Awesomeness, all of the above simplifies to a really neat expression. If we played \(n_i\) matches with \(r_i\) wins then the chances of winning the next match is \(\frac{r_i + 1}{n_i +2}\) . As a bonus that expression works even if \(n_i = r_i = 0\), since in that case we are assuming the pdf of \(\theta\) to be the entropy maximizing (and hence knowledge minimizing) uniform distribution, in which case there’s a \(\frac{1}{2}\) chance of winning. On second thought, that is to be expected since the pdf and integral above only require \(n_i\) and \(r_i\) not to be negative, so there’s that.

Yay, now we know that the chances of success by choosing option \(i\). How does this help us in making long term choices?

We have found the solutions of \(C\) and \(V\) for \(k=1\), namely:

\[C(n,r,1) = argmax_i \{ \frac{r_i + 1}{n_i + 1} \}\] \[V(n,r,1) = C(n,r,1)\]

Now we need to solve this same problem for \(k>1\). If, for a given \(k\), we choose option \(i\) , then our expected number of wins is given by

\[\mathbb{P}(win) (1+V(n+e_i,r+e_i,k-1)) + \mathbb{P}(loss) V(n+e_i,r,k-1) =\] \[= \frac{r_i + 1}{n_i + 2} (1+V(n+e_i,r+e_i,k-1)) + \frac{n_i-r_i+1}{n_i+2} V(n+e_i,r,k-1)\]

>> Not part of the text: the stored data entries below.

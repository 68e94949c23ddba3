//! Engines of one warehouse, and what a run of them needs.
ghost use Rattle.std.specs.Prelude.{◌≡◌, ◌<◌, ◌≤◌, [], length, All, IfOk};
ghost use Rattle.board.specs.declared.rule.Role.TheVariants.{Logger as logger_role};
ghost use Rattle.board.specs.Opening.{logger_seats};
ghost use Rattle.board.specs.Seats.{new_seat};
ghost use Rattle.population.specs.Initial.{initial};
ghost use Rattle.lane_logger.specs.Found.{IsFoundIn, new_files};
ghost use Rattle.book.specs.Parts.{IsFresh, base_of, loggers_of, terminals_of};

use crate::held::{Follower, Passing};
use crate::meeting::{Attendance, Meeting};
use board::{Board, LoggerSeat};
use book::Parts;
use log_disk::Disk;
use log_header::Header;
use logfile::LogFile;
use logger::Logger;
use money::Refusal;
use population::Population;
use run_threads::{AtOnce, Pace, Paced, Station};
use std::alloc::Global;
use std::sync::Wait;
use tables::Scale;
use terminals::Calls;
use terminals_deck::{Deck, Settings};

/// How many terminals meet.
pub(crate) const TERMINALS: u32 = 4;

/// The plain population of one warehouse, two districts, ten customers a district and 20 items.
pub(crate) fn plain(alloc: Global) -> Result<Population, Refusal> {
    Population::plain(alloc, Scale::new(1, 2, 10, 20, 2_000, 2_000)?)
}

/// The parts of an engine over it, for so many loggers and terminals.
pub(crate) fn parts<R: Wait>(
    rt: &R,
    alloc: Global,
    loggers: u16,
    terminals: u16,
) -> Result<Parts, Refusal>
    requires loggers { (0 < loggers) × (loggers ≤ 8) }
    requires terminals { (0 < terminals) × (terminals ≤ 16) }
    ensures fresh { IfOk result IsFresh }
    ensures plan { IfOk result (λ parts. (loggers_of parts ≡ loggers) × (base_of parts ≡ 0)) }
    ensures terminals { IfOk result (λ parts. terminals_of parts ≡ terminals) }
{
    Parts::new(rt, alloc, plain(alloc)?, loggers, terminals)
}

/// The stations of terminals that meet before their first commits.
pub(crate) fn stations<'a>(
    alloc: Global,
    scale: Scale,
    meeting: &'a Meeting,
) -> Result<Vec<Station<Attendance<'a>>>, Refusal>
    ensures count { IfOk result (λ stations. length stations.items ≡ 4) }
    ensures decks { IfOk result (λ stations. All (λ station. station.deck.scale ≡ scale) stations.items) }
{
    let mut stations = Vec::new(alloc);
    for terminal in 0..TERMINALS {
        stations.push(Station {
            deck: Deck::new(scale, Settings::usual(), 1, terminal),
            gate: Attendance {
                calls: Calls::default(),
                meeting,
                all: TERMINALS,
            },
        })?;
    }
    Ok(stations)
}

/// The station of a terminal that goes on beside a sync.
pub(crate) fn follower<'a>(
    alloc: Global,
    scale: Scale,
    passing: &'a Passing,
) -> Result<Vec<Station<Follower<'a>>>, Refusal>
    ensures count { IfOk result (λ stations. length stations.items ≡ 1) }
    ensures decks { IfOk result (λ stations. All (λ station. station.deck.scale ≡ scale) stations.items) }
{
    let mut stations = Vec::new(alloc);
    stations.push(Station {
        deck: Deck::new(scale, Settings::usual(), 1, 0),
        gate: Follower {
            calls: Calls::default(),
            passing,
        },
    })?;
    Ok(stations)
}

/// The two loggers, with new files on these disks, each with how it waits between its turns.
pub(crate) fn logs<D: Disk + Drop, P: Pace + Drop>(
    alloc: Global,
    population: &Population,
    board: &Board,
    seats: Vec<LoggerSeat>,
    slots: ((D, P), (D, P)),
) -> Result<Vec<Paced<Logger<D>, P>>, Refusal>
    requires seats { seats.items ≡ logger_seats board.now 2 }
    requires plan { (board.now.plan.loggers ≡ 2) × (board.now.plan.base ≡ 0) }
    requires first { D.is_modelled → (D.seen slots.0.0 ≡ []) × (D.story slots.0.0 ≡ []) }
    requires second { D.is_modelled → (D.seen slots.1.0 ≡ []) × (D.story slots.1.0 ≡ []) }
    ensures { IfOk result (λ logs. All (λ log. IsFoundIn board.now (new_files 2 (initial population.now).scale 0)
        D.is_modelled D.seen D.story log.inner) logs.items) }
{
    let mut seats = seats;
    let (Some(second), Some(first)) = (seats.pop(), seats.pop()) else {
        return Err(Refusal::BadInput);
    };
    let mut logs = Vec::new(alloc);
    logs.push(log_on(alloc, population, slots.0, first, (0, 2))?)?;
    logs.push(log_on(alloc, population, slots.1, second, (1, 2))?)?;
    Ok(logs)
}

/// The only logger, with a new file on this disk.
pub(crate) fn one_log<D: Disk + Drop>(
    alloc: Global,
    population: &Population,
    board: &Board,
    seats: Vec<LoggerSeat>,
    disk: D,
) -> Result<Vec<Paced<Logger<D>, AtOnce>>, Refusal>
    requires seats { seats.items ≡ logger_seats board.now 1 }
    requires plan { (board.now.plan.loggers ≡ 1) × (board.now.plan.base ≡ 0) }
    requires empty { D.is_modelled → (D.seen disk ≡ []) × (D.story disk ≡ []) }
    ensures { IfOk result (λ logs. All (λ log. IsFoundIn board.now (new_files 1 (initial population.now).scale 0)
        D.is_modelled D.seen D.story log.inner) logs.items) }
{
    let mut seats = seats;
    let Some(seat) = seats.pop() else {
        return Err(Refusal::BadInput);
    };
    let mut logs = Vec::new(alloc);
    logs.push(log_on(alloc, population, (disk, AtOnce), seat, (0, 1))?)?;
    Ok(logs)
}

/// A logger with a new file on a disk. Plain populations have seed 0.
fn log_on<D: Disk + Drop, P: Pace + Drop>(
    alloc: Global,
    population: &Population,
    slot: (D, P),
    seat: LoggerSeat,
    logger: (u16, u16),
) -> Result<Paced<Logger<D>, P>, Refusal>
    requires seat { seat ≡ new_seat seat.board (logger_role logger.0) }
    requires plan { (seat.board.plan.loggers ≡ logger.1) × (seat.board.plan.base ≡ 0) }
    requires logger { (logger.0 < logger.1) × (logger.1 ≤ 8) }
    requires empty { D.is_modelled → (D.seen slot.0 ≡ []) × (D.story slot.0 ≡ []) }
    ensures { IfOk result (λ log. IsFoundIn seat.board (new_files logger.1 (initial population.now).scale 0)
        D.is_modelled D.seen D.story log.inner) }
{
    let ((disk, pace), (number, loggers)) = (slot, logger);
    let header = Header::new(population.scale(), 0, number, loggers);
    let file = LogFile::create(alloc, disk, header)?;
    Ok(Paced {
        inner: Logger::new(file, seat),
        pace,
    })
}
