//! A logger whose sync is held until a terminal has gone on, and the terminal's gate.
ghost use Rattle.std.specs.Prelude.{◌≡◌};

use crate::meeting::TURNS;
use log_disk::Disk;
use money::Refusal;
use std::sync::atomic::{AtomicU32, Ordering};
use std::thread;
use terminals::{Calls, Gate};

/// How many commits the terminal is to make beside a sync.
pub(crate) const BESIDE: u32 = 100;

/// What the logger and the terminal tell each other: how many syncs were held, and how many commits were answered.
/// And how often one of them has waited for the other in vain.
#[derive(Default, Drop)]
pub(crate) struct Passing {
    held: AtomicU32,
    answered: AtomicU32,
    in_vain: AtomicU32,
}

impl Passing {
    /// How many syncs were held.
    pub(crate) fn held(&self) -> u32 {
        self.held.load(Ordering::SeqCst)
    }

    /// The next sync is to be held.
    pub(crate) fn ask(&self) {
        self.answered.fetch_add(1, Ordering::SeqCst);
    }

    /// Waits until a sync is held.
    pub(crate) fn wait_for_sync(&self) {
        self.wait(&self.held, 1);
    }

    /// The sync that is held goes on.
    pub(crate) fn release(&self) {
        self.answered.fetch_add(BESIDE, Ordering::SeqCst);
    }

    /// How often one has waited in vain.
    pub(crate) fn in_vain(&self) -> u32 {
        self.in_vain.load(Ordering::SeqCst)
    }

    /// Waits until a word is at least so much.
    fn wait(&self, word: &AtomicU32, least: u32) {
        for _ in 0..TURNS {
            if word.load(Ordering::SeqCst) >= least {
                return;
            }
            thread::yield_now();
        }
        self.in_vain.fetch_add(1, Ordering::SeqCst);
    }

    /// The first sync that begins when the terminal has its first commit is held until so many more were answered.
    fn hold_sync(&self) {
        if self.answered.load(Ordering::SeqCst) == 1 && self.held() == 0 {
            self.held.fetch_add(1, Ordering::SeqCst);
            self.wait(&self.answered, 1 + BESIDE);
        }
    }
}

/// The terminal's gate, which holds it before its second commit until a sync is held.
#[derive(Drop)]
pub(crate) struct Follower<'a> {
    pub(crate) calls: Calls,
    pub(crate) passing: &'a Passing,
}

impl<'a> Gate for Follower<'a> {
    ghost calls = { λ gate. gate.calls };

    fn before_execute(&mut self) {
        self.calls.before_execute();
    }

    fn before_commit(&mut self) {
        if self.calls.committed == 1 {
            self.passing.wait_for_sync();
        }
        self.calls.before_commit();
    }

    fn after_commit(&mut self) {
        self.passing.ask();
        self.calls.after_commit();
    }
}

/// A disk, of which a sync is held.
#[derive(Drop)]
pub(crate) struct Held<'a, D: Disk + Drop> {
    pub(crate) disk: D,
    pub(crate) passing: &'a Passing,
}

impl<D: Disk + Drop> Disk for Held<'_, D> {
    ghost is_modelled = { D.is_modelled };

    ghost seen = { λ disk. D.seen disk.disk };

    ghost story = { λ disk. D.story disk.disk };

    ghost failed = { λ disk. D.failed disk.disk };

    ghost read_gives = { λ disk. D.read_gives disk.disk };

    fn len(&mut self) -> Result<u64, Refusal> {
        self.disk.len()
    }

    fn read_at(&mut self, at: u64, into: &mut [u8]) -> Result<(), Refusal> {
        self.disk.read_at(at, into)
    }

    fn write_at(&mut self, at: u64, bytes: &[u8]) -> Result<(), Refusal> {
        self.disk.write_at(at, bytes)
    }

    fn sync(&mut self) -> Result<(), Refusal> {
        self.passing.hold_sync();
        self.disk.sync()
    }

    fn failures(&self) -> u64 {
        self.disk.failures()
    }
}
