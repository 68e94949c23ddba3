//! When loggers take their turns.

use crate::progress::RunProgress;
use std::thread;

/// How a logger waits between two turns. The first logger's is also who may tell how far the run is.
pub trait Pace {
    /// Called after each turn of the logger while the run lasts, outside the book's lock. `signals` is how many there
    /// were before the turn took of the book: `progress.wait` with it sleeps through no advance of E that the turn
    /// hasn't seen.
    fn pause(&mut self, progress: &RunProgress, signals: u64);

    /// Called once, after all loggers' last turns, and after the terminals have acknowledged what is durable then.
    fn end(&mut self, _progress: &RunProgress) {}
}

/// What a logger works on, and how it waits between its turns: a disk, a log file that is open, or a logger of a run.
#[derive(Drop)]
pub struct Paced<T, P: Pace> {
    pub inner: T,
    pub pace: P,
}

/// A turn follows on the one before at once.
#[derive(Clone, Copy, Debug, Drop)]
pub struct AtOnce;

impl Pace for AtOnce {
    fn pause(&mut self, _progress: &RunProgress, _signals: u64) {
        thread::yield_now();
    }
}
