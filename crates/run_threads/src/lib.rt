//! A run of an engine in threads: terminals, each with its deck of inputs, beside loggers, each with its file.
#![tactic(auto)]

mod appender;
mod counts;
mod crew;
mod ending;
mod outcome;
mod pace;
mod progress;
mod sums;
mod tally;
mod threads;
mod worker;
mod writer;

pub use counts::Counts;
pub use crew::Desks;
pub use outcome::{Outcome, Written};
pub use pace::{AtOnce, Pace, Paced};
pub use progress::RunProgress;
pub use tally::Tally;
pub use threads::run;
pub use worker::Station;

As such we only need to find the \(argmax_i\) of the expression above to find \(C(n,r,k)\), and use that to find \(V(n,r,k)\). Hence we have found a recursive formula for this, which can be solved somewhat efficiently using dynamic programming3 since there will be many values computed repeatedly.

Great, now what?

Well, I still need to implement this, probably in a python notebook that I’ll leave available somewhere (only then can I check how feasible it is to compute this result). If it turns out to be computationally unfeasible (due to huge \(k\)’s) then I’ll try to tackle it in a slightly different way:

Instead of choosing one alternative at a time, I can choose them in a bulk of size \(b\), and then decide how many of that bulk should be used in each alternative (effectively deciding a percentage to be used in each alternative). By having large bulk sizes I could avoid having absurd recursion depths of millions of function calls just to compute this value, instead going for recursion depths of hundreds with bulk sizes of tens of thousands (we can play with this numbers after implementation).

EDIT: I’ve found this paper online about Batch Size implementations of this problem. I might write a short summary of it after having read it properly.

Footnotes

1 pdf : Probability Density Function and its’ Wikipedia page

2 \(e_i\) : Unit vector along the \(i\)th dimension, i.e. \((0,0,...,0,1,0,...,0)\)

3 I never understood why they call it dynamic programming. There’s nothing dynamic about this technique.